All I need to do is the encryption, so can I use MediaStreamSegmenter just to do the encryption? If so how?
Thanks,
@JeanM I believe you can use it to do just encryption but I have never used it myself. If you look at the documentation for it they probably have a command line option that will turn it on.
Carson,
I tried to encrypt only using mediastreamsegmenter but it seems like it requires the encoder IP and port.
When I run it without it it just hanges there.
Do you have some working sample command line examples beside the ones listed in the man pages?
@JeanM I’m not sure how the encryption works with the Apple tools. I haven’t yet added that to the streamer I have.
Carson,
1. Thank you for your contribution. This is really exciting, now that I got it working, I guess.
2. Can anyone explain what is in this segmenter’s log? Can I ignore the error ?
E, [2010-09-24T14:23:22.006299 #26568] ERROR -- : Encoder ep_128k: [mpegts @ 0x8487110] max_analyze_duration reached
[mpegts @ 0x8487110] Estimating duration from bitrate, this may be inaccurate
3. What about this log entry? What do the numbers mean when the log says Transfer initiated with value=*1,2,0,ep_128k*?
D, [2010-09-24T13:09:10.323226 #25814] DEBUG -- : Segment command ep_128k: *1, 2, 0, ep_128k*
I, [2010-09-24T13:09:10.323468 #25814] INFO -- : Transfer initiated with value = *1, 2, 0, ep_128k*
D, [2010-09-24T13:09:10.323622 #25814] DEBUG -- : Creating index
D, [2010-09-24T13:09:10.323883 #25814] DEBUG -- : Done creating index
I, [2010-09-24T13:09:10.326086 #25814] INFO -- : Transfer done
3. When viewing the segmented files in their folders, I saw some that were “MPEG Transport Stream” files and others that were “message catalog” files.
Is that normal o should they all be MPEG Transport Stream files with the exception of the .m3u8 file?
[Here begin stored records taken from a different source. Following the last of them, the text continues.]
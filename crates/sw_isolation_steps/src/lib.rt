//! What a name, a member or a call uses by its meaning, how closures and tasks are isolated, and
//! what is noted of each use: each exactly as `sw_isolation_rules` defines it. The crate goes over
//! no expressions and no statements, and knows nothing of what a closure makes of its captures.
#![tactic(auto)]

mod codes;
mod isolations;
mod known;
mod lookups;
mod steps;
mod words;

pub use isolations::{closure_iso, is_isolated, shape_iso, task_iso};
pub use known::{marked_at, may_cross};
pub use lookups::{base_of, no_base, used};
pub use steps::{await_notes, note_body, store_notes, task_races};
pub use words::{member_notes, word_notes};
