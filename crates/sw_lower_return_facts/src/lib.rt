//! Laws, without code: the functions of a program return their results. It knows nothing of how a
//! program is gone through.
#![tactic(auto)]

mod laws;

pub use laws::functions_return_their_results;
Can I control whether a video file starts on a keyframe when I edit the file in a editor like Premiere Pro or Final Cut? I know I can set the keyframe distance manually, but I usually leave it unchecked to allow the computer to calculate it for me. I’m thinking that this would help find out why it has trouble encoding the first frame.
Thank you all for your posts. They have always been a help to me .
Harold
Curt: I’m curious how you got the still image included into the segments. Can you share your x264 settings?